▸ Exercise requirements
List every line below containing "ensures".

Data for processing: Begin

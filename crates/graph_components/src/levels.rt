// Numbers that do not rise along arcs, by which the search for components is cut.

ghost use Rattle.std.specs.Prelude.{◌≡◌, ◌<◌, ◌≤◌, All, IfOk, length, slice_index, true};
ghost use Rattle.graph_components.specs.code.Levels.{AreLevels};
ghost use Rattle.graph_components.specs.code.Targets.{AreWithin};

use crate::OutOfMemory;
use crate::arc::Arc;
use crate::lists::{NodeList, reversed_arcs, target_lists};
use crate::walk::Walk;
use std::alloc::Global;

// All nodes, each behind those from which arcs lead to it, as far as they do not lead to one another.
fn sources_first(
    alloc: Global,
    behind: &[NodeList],
    count: u32,
    most: usize,
) -> Result<Walk, OutOfMemory> {
    let mut walk = Walk::new(alloc, count)?;
    for node in 0..count {
        walk.walk_from(behind, node, most)?;
    }
    Ok(walk)
}

// Gives these nodes a number.
fn put_numbers(numbers: &mut Vec<u32>, nodes: &[u32], number: u32)
    ensures { length numbers.new.items ≡ length numbers.old.items }
{
    for node in nodes {
        if let Some(room) = numbers.get_mut(*node as usize) {
            *room = number;
        }
    }
}

// Numbers of components (Sharir 1981): nodes are taken in the reverse of the order in which a walk against the arcs leaves them, and what a walk
// along the arcs then leaves from one of them on is a component.
fn guessed_levels(
    alloc: Global,
    ahead: &[NodeList],
    behind: &[NodeList],
    count: u32,
    most: usize,
) -> Result<Vec<u32>, OutOfMemory>
    ensures { IfOk result (λ levels. length levels.items ≡ count) }
{
    let firsts = sources_first(alloc, behind, count, most)?;
    let mut walk = Walk::new(alloc, count)?;
    let mut levels = vec![in alloc; 0u32; count as usize]?;
    let mut number: u32 = 0;
    for first in firsts.left().iter().rev() {
        let before = walk.left().len();
        walk.walk_from(ahead, *first, most)?;
        let left = walk.left();
        put_numbers(&mut levels, &left[before.min(left.len())..], number);
        number = number.saturating_add(1);
    }
    Ok(levels)
}

// Whether no arc leads to a higher number.
fn are_levels(arcs: &[Arc], levels: &[u32], count: u32) -> bool
    requires within { AreWithin count arcs.now }
    requires count { length levels.now ≡ count }
    ensures { result ≡ true → All (λ arc. slice_index levels.now arc.to ≤ slice_index levels.now arc.from) arcs.now }
{
    for arc in arcs {
        if levels[arc.from as usize] < levels[arc.to as usize] {
            return false;
        }
    }
    true
}

/// A number for each of so many nodes that does not rise along any arc. Those of components do not; should others have been found, all are 0.
pub(crate) fn levels_of(alloc: Global, arcs: &[Arc], count: u32) -> Result<Vec<u32>, OutOfMemory>
    requires { AreWithin count arcs.now }
    ensures { IfOk result (λ levels. AreLevels arcs.now count levels.items) }
{
    let reversed = reversed_arcs(alloc, arcs)?;
    let ahead = target_lists(alloc, arcs, count)?;
    let behind = target_lists(alloc, reversed.as_slice(), count)?;
    let most = arcs.len().saturating_add(count as usize);
    let levels = guessed_levels(alloc, ahead.as_slice(), behind.as_slice(), count, most)?;
    if are_levels(arcs, levels.as_slice(), count) {
        return Ok(levels);
    }
    vec![in alloc; 0u32; count as usize]
}
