//! Which nodes of a graph lead to each other, exactly, in linear time.
#![tactic(auto)]

mod arc;
mod components;
mod inner;
mod levels;
mod lists;
mod reach;
mod walk;

pub use arc::Arc;
pub use components::components_of;
pub use std::alloc::AllocError as OutOfMemory;
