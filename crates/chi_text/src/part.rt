//! The parts of a text, and their bytes.

ghost use Rattle.std.specs.Prelude.{◌≡◌, ◌≤◌, ◌++◌, OnOk, decimal, flat_map, length};
ghost use Rattle.hex.specs.Hex.{encode_lower};
ghost use Rattle.chi_text.specs.Part.{part_text};

use itoa::write_digits;
use std::alloc::AllocError;

/// A part of a text: some text as it stands, a number in decimal, an address with its most significant byte first, a granule's
/// word with its byte at the lowest address first, an opcode, or a data packet, lane 0 first.
///
/// ```
/// let parts = [Part::Text("at "), Part::Number(40)]; // at 40
/// ```
#[derive(Clone, Copy)]
pub enum Part {
    Text(&'static str),
    Number(u64),
    Address(u64),
    Word(u64),
    Opcode(u8),
    Packet([u8; 16]),
}

/// A number in decimal, made in this room.
fn decimal_in(room: &mut [u8; 32], number: u64) -> &[u8]
    ensures { result.now ≡ decimal number }
{
    let first = write_digits(number, room, 32);
    &room[first..]
}

/// At most 16 bytes, each as two lower-case hex digits, made in this room.
fn hex_in<'a>(room: &'a mut [u8; 32], bytes: &[u8]) -> &'a [u8]
    requires { length bytes.now ≤ 16 }
    ensures { result.now ≡ encode_lower bytes.now }
{
    let digits = &mut room[..2 * bytes.len()];
    hex::encode_to_slice(bytes, digits).unwrap();
    digits
}

impl Part {
    /// Its text, which is made in `room`, but for one that stands.
    ///
    /// ```
    /// let text = Part::Opcode(0x28).text(&mut [0; 32]); // 28
    /// ```
    pub fn text(self, room: &mut [u8; 32]) -> &[u8]
        ensures { result.now ≡ part_text self }
    {
        match self {
            Part::Text(text) => text.as_bytes(),
            Part::Number(number) => decimal_in(room, number),
            Part::Address(addr) => hex_in(room, &addr.to_be_bytes()),
            Part::Word(word) => hex_in(room, &word.to_le_bytes()),
            Part::Opcode(opcode) => hex_in(room, &[opcode]),
            Part::Packet(lanes) => hex_in(room, &lanes),
        }
    }
}

/// Adds some parts to a text, one after the other.
///
/// ```
/// add_parts(&mut text, &[Part::Text("at "), Part::Number(40)])?; // at 40
/// ```
pub fn add_parts(to: &mut Vec<u8>, parts: &[Part]) -> Result<(), AllocError>
    ensures { OnOk result (to.new.items ≡ to.old.items ++ flat_map part_text parts.now) }
{
    let mut room = [0; 32];
    for part in parts {
        to.extend_from_slice(part.text(&mut room))?;
    }
    Ok(())
}
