//! The parts of a text, and their bytes.
#![tactic(auto)]

mod part;

pub use part::{Part, add_parts};
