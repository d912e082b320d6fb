ghost use Rattle.std.specs.Prelude.{IfSome};
ghost use Rattle.drep_pulser.specs.Places.{IsPlaceOf};

use coin_frac::NoMemory;
use gov_ids::Drep;
use std::alloc::Global;

// Up to this many DReps have eight slots each.
const MOST: usize = 8192;

// Hints for the index of a DRep in a list in order: a slot has the last index hashed to it.
// The slot is the last two bytes of a hash, masked; each predefined option has its own.
// No clause rests on a hint: the reader compares the DRep at the index.
#[derive(Debug, Drop)]
pub(crate) struct Hints {
    places: Vec<u32>,
    mask: u16,
}

impl Hints {
    // Hints for DReps with their sums.
    pub(crate) fn of(alloc: Global, amounts: &[(Drep, u64)]) -> Result<Hints, NoMemory> {
        let slots = (amounts.len().min(MOST) * 8).next_power_of_two();
        let mask = u16::try_from(slots.saturating_sub(1)).unwrap_or(u16::MAX);
        let mut places = vec![in alloc; 0; usize::from(mask) + 3]?;
        for place in 0..amounts.len() {
            if let Some(slot) = places.get_mut(slot_of(&amounts[place].0, mask)) {
                *slot = u32::try_from(place).unwrap_or(u32::MAX);
            }
        }
        Ok(Hints { places, mask })
    }

    // A copy.
    pub(crate) fn copied(&self, alloc: Global) -> Result<Hints, NoMemory> {
        Ok(Hints {
            places: self.places.iter().copied().collect(alloc)?,
            mask: self.mask,
        })
    }

    // The index of a DRep's sum; none where it is not at the hinted index.
    pub(crate) fn place(&self, amounts: &[(Drep, u64)], d: &Drep) -> Option<usize>
        ensures { IfSome result (IsPlaceOf amounts.now d.now) }
    {
        let hint = self.places.get(slot_of(d, self.mask))?;
        let place = *hint as usize;
        let (there, _) = amounts.get(place)?;
        if there.cmp(d).is_eq() {
            Some(place)
        } else {
            None
        }
    }
}

// The slot of a DRep.
fn slot_of(d: &Drep, mask: u16) -> usize {
    match d {
        Drep::Registered(c) => usize::from(u16::from_be_bytes([c.hash[26], c.hash[27]]) & mask),
        Drep::Abstain => usize::from(mask) + 1,
        Drep::NoConfidence => usize::from(mask) + 2,
    }
}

Data for processing: End

▸ Your response
    ensures { length numbers.new.items ≡ length numbers.old.items }
    ensures { IfOk result (λ levels. length levels.items ≡ count) }
    ensures { result ≡ true → All (λ arc. slice_index levels.now arc.to ≤ slice_index levels.now arc.from) arcs.now }
    ensures { IfOk result (λ levels. AreLevels arcs.now count levels.items) }
    ensures { result.now ≡ decimal number }
    ensures { result.now ≡ encode_lower bytes.now }
        ensures { result.now ≡ part_text self }
    ensures { OnOk result (to.new.items ≡ to.old.items ++ flat_map part_text parts.now) }
        ensures { IfSome result (IsPlaceOf amounts.now d.now) }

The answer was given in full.